Task material START

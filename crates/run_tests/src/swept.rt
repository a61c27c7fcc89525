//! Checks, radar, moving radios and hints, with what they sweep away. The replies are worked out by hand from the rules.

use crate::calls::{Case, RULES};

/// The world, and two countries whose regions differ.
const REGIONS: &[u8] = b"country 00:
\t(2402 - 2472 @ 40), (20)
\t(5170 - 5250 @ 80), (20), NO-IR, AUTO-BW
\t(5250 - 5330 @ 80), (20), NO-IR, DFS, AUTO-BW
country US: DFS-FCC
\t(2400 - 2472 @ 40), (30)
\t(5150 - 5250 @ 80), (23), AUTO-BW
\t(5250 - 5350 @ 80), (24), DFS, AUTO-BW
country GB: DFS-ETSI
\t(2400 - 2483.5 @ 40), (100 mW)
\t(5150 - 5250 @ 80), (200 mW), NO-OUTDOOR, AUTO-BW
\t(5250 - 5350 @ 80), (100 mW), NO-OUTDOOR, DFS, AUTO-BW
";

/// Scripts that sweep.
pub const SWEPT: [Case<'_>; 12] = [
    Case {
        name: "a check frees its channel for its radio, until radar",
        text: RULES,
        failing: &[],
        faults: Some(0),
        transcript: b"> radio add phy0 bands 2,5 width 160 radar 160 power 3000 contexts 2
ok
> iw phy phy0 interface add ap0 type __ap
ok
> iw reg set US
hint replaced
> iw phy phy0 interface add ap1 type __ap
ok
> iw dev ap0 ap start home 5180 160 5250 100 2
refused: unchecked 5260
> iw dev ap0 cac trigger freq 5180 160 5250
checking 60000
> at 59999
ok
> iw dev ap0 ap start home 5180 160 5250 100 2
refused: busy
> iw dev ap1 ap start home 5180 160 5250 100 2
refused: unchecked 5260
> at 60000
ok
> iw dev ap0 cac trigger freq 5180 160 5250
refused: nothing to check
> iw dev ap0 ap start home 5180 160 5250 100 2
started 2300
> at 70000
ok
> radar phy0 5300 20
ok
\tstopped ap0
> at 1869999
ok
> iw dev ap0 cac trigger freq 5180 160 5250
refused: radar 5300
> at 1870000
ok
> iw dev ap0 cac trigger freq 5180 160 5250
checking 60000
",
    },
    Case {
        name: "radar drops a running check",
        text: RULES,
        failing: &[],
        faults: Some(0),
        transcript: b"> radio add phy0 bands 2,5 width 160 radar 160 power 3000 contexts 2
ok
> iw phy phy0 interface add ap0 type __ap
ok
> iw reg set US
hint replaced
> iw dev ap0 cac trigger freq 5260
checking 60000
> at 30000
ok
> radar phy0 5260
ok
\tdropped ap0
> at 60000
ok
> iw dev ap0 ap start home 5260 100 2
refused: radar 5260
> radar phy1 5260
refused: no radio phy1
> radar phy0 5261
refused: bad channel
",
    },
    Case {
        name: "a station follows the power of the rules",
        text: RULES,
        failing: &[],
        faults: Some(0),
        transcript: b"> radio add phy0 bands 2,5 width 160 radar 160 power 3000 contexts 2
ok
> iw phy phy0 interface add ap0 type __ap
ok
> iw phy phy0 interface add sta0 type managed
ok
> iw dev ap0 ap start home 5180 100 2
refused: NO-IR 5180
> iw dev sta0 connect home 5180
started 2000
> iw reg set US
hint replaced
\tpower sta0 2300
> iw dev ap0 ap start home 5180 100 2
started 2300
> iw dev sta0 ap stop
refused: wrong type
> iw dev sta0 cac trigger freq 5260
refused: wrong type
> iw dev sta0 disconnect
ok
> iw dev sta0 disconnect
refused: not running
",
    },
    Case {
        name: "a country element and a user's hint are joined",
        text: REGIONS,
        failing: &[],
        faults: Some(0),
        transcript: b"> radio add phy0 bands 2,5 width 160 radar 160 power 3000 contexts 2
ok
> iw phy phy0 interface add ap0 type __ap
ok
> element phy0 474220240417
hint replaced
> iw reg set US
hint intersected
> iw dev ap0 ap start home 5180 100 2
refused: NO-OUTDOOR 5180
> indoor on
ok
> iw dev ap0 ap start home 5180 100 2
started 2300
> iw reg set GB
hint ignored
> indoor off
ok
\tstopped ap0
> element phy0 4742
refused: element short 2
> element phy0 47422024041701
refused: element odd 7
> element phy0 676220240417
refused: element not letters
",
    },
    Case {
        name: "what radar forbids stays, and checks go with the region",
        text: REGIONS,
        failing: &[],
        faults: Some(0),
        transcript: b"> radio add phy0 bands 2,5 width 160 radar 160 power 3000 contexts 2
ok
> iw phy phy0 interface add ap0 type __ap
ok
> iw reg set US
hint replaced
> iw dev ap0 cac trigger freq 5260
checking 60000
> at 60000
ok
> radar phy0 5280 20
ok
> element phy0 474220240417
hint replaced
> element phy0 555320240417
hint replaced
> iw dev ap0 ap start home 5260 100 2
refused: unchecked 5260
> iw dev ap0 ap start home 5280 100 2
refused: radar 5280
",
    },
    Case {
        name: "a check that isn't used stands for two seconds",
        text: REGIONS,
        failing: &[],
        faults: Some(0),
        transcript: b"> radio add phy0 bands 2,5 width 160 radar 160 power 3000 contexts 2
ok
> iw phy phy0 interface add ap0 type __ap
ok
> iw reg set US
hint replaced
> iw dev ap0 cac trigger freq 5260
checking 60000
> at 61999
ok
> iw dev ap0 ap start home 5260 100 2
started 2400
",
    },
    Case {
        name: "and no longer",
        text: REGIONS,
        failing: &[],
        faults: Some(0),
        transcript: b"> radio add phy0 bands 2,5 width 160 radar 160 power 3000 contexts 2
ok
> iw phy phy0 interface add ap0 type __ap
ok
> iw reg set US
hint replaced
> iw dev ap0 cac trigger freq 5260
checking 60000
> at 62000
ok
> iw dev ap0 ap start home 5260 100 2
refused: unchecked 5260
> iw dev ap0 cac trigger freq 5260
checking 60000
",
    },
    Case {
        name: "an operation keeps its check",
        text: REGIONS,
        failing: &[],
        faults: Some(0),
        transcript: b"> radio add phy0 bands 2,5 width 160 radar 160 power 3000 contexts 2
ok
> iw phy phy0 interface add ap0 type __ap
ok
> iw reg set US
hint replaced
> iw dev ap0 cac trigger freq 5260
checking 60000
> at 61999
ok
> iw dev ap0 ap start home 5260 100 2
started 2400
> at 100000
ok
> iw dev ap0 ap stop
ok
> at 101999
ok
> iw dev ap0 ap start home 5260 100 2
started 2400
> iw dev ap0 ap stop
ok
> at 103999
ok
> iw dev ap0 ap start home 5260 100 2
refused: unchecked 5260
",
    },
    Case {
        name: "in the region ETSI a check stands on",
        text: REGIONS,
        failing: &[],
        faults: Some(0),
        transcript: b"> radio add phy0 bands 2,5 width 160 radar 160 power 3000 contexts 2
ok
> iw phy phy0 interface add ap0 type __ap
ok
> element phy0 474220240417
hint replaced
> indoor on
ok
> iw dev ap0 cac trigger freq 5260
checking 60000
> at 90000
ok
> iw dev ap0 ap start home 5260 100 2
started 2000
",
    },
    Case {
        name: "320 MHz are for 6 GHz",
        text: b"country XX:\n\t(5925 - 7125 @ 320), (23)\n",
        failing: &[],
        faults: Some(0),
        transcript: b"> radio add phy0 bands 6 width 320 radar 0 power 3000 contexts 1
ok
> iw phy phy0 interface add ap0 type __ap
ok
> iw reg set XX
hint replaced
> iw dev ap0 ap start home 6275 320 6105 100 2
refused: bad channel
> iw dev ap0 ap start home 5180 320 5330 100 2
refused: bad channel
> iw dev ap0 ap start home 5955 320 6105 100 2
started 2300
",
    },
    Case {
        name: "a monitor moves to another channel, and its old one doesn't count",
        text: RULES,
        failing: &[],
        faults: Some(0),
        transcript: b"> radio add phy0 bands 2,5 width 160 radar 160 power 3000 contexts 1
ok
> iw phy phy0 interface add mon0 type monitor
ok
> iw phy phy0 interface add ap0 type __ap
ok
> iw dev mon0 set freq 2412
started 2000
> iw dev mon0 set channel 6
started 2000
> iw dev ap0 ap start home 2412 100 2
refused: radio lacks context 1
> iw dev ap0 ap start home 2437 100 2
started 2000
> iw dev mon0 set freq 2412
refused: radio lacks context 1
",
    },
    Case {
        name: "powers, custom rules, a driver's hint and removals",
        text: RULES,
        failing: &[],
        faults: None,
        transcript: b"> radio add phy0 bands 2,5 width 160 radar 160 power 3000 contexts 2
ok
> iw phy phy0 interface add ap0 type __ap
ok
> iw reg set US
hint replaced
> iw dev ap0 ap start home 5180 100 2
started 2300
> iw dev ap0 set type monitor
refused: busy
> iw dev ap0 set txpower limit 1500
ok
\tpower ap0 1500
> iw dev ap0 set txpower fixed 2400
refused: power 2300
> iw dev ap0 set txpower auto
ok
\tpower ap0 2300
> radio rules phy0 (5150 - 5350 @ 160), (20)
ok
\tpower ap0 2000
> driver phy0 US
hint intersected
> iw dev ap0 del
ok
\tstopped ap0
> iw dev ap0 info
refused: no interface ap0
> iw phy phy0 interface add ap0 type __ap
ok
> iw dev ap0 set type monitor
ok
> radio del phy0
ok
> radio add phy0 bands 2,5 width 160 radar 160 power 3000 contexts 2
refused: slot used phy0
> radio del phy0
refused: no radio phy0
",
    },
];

Task material END
Task material START

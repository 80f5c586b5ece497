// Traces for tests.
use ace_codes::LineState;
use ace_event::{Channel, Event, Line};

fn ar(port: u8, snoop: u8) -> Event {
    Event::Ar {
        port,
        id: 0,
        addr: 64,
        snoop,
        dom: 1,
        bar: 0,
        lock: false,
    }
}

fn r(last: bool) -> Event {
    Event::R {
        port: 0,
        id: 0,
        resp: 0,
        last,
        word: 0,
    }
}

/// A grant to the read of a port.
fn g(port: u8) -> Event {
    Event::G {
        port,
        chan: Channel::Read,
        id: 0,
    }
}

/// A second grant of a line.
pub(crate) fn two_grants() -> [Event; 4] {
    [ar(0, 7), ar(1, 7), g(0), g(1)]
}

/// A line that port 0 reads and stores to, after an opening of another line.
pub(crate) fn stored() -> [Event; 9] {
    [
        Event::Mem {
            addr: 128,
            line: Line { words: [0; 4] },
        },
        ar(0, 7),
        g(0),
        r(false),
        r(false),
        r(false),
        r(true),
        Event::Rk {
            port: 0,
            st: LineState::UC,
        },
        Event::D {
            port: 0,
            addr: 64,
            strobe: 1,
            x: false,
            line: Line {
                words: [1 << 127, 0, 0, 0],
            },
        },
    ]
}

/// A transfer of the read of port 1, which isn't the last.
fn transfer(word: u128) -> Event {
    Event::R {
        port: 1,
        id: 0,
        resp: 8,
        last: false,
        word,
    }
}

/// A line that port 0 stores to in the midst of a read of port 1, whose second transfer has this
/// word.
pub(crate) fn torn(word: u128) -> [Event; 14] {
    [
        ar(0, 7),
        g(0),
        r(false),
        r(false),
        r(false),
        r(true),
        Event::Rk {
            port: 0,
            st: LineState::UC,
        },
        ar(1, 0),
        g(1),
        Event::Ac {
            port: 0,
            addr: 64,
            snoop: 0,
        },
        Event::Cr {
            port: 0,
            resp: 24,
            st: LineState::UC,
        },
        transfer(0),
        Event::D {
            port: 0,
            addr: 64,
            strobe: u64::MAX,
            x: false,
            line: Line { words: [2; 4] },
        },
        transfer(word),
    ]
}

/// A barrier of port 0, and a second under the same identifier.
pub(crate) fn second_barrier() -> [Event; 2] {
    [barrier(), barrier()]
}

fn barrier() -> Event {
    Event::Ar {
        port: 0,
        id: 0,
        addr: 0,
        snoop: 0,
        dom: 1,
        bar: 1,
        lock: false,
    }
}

Task material END

_Work to complete_
Show me every line of the entries above that holds "with".

_Expected answer_
//! Checks, radar, moving radios and hints, with what they sweep away. The replies are worked out by hand from the rules.
        name: "what radar forbids stays, and checks go with the region",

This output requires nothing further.